= ACTIVITY =
Work out how many lines of the records hold the string "Rattle", and reply with that number alone.

(Saved entries)
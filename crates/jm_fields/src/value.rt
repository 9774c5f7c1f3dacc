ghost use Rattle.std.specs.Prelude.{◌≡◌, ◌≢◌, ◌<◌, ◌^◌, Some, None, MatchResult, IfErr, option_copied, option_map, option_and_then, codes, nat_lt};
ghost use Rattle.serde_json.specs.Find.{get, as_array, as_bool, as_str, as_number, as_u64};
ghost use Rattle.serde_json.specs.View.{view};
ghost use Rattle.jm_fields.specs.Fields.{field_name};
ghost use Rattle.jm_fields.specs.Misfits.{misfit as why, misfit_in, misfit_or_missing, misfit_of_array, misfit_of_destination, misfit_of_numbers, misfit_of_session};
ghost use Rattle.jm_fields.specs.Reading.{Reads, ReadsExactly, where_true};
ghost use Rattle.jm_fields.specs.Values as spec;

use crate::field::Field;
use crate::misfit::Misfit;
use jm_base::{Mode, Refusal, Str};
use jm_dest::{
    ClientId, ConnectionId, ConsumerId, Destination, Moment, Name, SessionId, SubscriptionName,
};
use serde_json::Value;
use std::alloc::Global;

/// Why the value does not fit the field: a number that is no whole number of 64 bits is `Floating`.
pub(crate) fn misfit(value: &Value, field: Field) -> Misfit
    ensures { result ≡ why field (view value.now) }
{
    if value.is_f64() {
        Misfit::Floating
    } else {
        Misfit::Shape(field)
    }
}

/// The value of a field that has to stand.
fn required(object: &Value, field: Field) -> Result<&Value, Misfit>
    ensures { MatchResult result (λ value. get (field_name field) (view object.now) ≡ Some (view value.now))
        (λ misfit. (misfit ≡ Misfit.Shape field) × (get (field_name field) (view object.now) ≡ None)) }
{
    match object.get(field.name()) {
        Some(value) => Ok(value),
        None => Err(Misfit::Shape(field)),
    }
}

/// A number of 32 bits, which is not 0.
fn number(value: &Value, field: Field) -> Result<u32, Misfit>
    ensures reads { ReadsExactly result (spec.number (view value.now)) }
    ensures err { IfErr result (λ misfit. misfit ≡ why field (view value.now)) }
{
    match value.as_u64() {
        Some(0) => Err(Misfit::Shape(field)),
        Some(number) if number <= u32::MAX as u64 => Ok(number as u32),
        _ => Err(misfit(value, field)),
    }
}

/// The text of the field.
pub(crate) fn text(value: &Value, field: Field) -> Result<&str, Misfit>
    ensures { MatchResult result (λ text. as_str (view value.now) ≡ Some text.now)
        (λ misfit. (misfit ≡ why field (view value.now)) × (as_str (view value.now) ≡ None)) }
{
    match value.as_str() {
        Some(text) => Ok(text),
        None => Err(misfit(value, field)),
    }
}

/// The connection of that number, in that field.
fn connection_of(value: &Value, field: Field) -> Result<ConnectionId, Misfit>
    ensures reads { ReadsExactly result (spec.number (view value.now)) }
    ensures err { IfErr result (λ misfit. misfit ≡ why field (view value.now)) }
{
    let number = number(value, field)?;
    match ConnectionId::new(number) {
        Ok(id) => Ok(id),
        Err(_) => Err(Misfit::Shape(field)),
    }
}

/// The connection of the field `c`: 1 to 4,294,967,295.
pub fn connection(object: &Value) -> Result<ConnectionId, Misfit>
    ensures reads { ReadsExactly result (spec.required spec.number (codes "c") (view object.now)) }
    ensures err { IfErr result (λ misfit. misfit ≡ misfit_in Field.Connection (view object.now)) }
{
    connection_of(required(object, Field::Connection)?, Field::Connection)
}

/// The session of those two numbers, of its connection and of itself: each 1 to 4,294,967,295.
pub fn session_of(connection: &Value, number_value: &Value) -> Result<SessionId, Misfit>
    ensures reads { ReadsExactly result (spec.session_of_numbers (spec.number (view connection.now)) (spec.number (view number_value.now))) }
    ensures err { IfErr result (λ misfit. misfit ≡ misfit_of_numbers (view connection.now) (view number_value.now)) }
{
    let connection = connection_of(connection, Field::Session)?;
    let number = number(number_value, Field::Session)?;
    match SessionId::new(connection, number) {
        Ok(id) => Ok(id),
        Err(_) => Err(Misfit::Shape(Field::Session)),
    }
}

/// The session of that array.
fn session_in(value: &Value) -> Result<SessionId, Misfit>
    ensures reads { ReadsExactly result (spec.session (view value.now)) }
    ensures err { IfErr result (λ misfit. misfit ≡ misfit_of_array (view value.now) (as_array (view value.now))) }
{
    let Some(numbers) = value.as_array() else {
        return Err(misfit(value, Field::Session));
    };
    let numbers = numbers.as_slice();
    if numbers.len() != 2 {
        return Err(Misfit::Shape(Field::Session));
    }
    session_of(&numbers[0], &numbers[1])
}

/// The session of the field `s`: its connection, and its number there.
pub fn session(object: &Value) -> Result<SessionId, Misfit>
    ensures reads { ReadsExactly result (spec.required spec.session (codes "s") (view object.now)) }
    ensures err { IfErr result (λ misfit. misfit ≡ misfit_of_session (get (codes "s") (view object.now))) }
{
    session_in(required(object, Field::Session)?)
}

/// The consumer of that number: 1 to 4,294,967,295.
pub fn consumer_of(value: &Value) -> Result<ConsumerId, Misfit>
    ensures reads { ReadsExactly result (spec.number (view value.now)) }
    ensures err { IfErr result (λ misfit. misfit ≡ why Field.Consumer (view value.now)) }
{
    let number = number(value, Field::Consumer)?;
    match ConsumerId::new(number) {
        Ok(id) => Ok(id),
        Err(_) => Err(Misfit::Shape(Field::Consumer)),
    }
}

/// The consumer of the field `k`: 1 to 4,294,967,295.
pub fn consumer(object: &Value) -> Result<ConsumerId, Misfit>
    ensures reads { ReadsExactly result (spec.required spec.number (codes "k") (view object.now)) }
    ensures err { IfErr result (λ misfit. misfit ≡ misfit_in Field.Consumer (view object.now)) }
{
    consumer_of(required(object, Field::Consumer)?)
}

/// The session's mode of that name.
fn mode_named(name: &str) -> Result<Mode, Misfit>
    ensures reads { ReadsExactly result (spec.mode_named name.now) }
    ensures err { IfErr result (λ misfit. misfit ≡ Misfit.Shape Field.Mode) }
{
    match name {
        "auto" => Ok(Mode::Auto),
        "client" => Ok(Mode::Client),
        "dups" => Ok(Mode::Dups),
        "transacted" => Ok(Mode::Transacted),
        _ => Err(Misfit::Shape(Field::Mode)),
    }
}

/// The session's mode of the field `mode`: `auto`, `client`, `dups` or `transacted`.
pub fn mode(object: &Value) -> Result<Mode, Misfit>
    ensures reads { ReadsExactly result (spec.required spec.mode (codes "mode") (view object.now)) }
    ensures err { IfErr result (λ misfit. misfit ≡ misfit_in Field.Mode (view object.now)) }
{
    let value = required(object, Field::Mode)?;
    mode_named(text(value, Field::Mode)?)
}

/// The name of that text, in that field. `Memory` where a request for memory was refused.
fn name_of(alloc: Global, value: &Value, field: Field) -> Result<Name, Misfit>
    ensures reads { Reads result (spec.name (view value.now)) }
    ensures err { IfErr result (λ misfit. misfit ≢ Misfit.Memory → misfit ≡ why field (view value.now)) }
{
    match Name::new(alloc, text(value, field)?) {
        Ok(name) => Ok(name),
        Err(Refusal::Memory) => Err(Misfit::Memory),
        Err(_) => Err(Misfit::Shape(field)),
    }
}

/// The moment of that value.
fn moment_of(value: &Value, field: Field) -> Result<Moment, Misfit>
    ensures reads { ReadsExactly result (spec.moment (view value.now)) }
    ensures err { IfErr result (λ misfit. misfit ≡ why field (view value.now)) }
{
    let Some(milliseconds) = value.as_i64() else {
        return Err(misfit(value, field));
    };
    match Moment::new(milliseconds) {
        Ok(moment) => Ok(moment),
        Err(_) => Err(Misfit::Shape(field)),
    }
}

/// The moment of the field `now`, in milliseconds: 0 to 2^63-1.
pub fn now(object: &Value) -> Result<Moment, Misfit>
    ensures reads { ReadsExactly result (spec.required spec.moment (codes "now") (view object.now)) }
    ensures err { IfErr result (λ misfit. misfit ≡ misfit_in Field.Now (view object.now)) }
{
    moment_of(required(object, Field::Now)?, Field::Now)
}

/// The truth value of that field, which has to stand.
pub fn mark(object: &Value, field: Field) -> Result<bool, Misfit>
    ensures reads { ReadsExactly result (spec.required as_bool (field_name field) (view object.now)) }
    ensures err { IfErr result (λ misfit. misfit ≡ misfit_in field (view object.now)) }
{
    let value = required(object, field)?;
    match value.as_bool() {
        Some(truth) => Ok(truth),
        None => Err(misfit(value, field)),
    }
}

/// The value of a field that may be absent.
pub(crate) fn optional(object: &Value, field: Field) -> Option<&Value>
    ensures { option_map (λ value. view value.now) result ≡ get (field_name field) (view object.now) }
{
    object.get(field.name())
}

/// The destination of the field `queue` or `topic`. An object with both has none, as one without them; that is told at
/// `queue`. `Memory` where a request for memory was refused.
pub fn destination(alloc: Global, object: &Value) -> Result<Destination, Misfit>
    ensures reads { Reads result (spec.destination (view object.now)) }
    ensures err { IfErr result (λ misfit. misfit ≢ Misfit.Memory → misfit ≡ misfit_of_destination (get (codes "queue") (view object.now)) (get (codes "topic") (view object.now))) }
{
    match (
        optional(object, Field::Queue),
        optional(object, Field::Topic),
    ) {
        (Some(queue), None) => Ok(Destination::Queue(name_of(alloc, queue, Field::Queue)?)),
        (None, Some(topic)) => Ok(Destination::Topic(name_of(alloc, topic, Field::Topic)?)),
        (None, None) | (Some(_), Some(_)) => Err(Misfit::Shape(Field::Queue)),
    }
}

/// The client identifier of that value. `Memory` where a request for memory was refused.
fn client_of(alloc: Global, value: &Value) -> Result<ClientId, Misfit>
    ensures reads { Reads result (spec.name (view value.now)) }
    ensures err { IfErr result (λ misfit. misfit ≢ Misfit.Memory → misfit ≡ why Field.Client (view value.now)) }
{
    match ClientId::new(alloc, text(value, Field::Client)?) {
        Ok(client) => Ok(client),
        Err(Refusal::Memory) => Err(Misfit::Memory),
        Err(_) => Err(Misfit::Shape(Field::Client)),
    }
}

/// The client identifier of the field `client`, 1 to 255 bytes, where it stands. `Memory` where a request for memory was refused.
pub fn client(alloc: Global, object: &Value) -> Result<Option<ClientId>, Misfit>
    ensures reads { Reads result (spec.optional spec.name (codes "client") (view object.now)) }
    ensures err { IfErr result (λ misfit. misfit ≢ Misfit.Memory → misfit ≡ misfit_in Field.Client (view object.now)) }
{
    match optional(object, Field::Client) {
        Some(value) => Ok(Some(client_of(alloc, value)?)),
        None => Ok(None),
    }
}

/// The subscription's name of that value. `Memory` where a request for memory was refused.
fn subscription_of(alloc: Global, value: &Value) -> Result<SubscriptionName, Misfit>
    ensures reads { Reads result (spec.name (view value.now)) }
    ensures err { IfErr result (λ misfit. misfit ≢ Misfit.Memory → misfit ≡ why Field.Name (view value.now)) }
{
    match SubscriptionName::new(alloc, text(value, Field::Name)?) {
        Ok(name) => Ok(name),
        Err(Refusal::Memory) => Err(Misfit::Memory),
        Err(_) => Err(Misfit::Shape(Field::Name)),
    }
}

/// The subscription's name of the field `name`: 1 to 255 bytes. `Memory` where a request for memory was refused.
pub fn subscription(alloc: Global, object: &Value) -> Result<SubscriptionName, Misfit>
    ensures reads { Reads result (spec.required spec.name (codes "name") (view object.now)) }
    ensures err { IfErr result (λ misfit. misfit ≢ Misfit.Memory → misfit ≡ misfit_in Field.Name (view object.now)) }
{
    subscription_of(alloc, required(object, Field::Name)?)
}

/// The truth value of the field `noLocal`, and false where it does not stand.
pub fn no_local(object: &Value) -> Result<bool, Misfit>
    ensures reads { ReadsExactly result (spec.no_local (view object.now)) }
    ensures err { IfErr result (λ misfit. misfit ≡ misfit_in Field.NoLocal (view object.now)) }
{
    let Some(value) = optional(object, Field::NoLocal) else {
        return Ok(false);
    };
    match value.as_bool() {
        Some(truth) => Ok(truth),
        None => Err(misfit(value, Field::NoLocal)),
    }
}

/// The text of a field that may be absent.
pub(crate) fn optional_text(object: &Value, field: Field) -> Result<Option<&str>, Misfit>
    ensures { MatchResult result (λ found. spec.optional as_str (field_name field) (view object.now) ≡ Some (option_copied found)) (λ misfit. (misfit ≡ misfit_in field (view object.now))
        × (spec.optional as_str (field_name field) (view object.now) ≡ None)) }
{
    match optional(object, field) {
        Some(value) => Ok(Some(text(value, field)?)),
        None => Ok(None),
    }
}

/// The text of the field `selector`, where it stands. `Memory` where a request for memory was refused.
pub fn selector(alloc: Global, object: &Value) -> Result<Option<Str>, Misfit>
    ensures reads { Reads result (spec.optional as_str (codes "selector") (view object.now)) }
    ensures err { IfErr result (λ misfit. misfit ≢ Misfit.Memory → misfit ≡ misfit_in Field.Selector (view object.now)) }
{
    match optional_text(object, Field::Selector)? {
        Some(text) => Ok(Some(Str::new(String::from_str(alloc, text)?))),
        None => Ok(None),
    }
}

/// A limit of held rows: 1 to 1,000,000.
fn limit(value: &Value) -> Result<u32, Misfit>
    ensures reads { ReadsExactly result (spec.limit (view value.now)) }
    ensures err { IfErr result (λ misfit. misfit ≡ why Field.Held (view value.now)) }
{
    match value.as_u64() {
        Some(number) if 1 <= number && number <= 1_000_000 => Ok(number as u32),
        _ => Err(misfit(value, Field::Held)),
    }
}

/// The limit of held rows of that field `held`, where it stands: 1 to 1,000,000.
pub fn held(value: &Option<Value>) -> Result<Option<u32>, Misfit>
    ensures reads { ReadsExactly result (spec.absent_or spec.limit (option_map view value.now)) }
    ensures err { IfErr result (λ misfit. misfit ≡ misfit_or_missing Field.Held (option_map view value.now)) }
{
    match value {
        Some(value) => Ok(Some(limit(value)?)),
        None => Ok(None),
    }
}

= RESULT OF THIS TASK =
7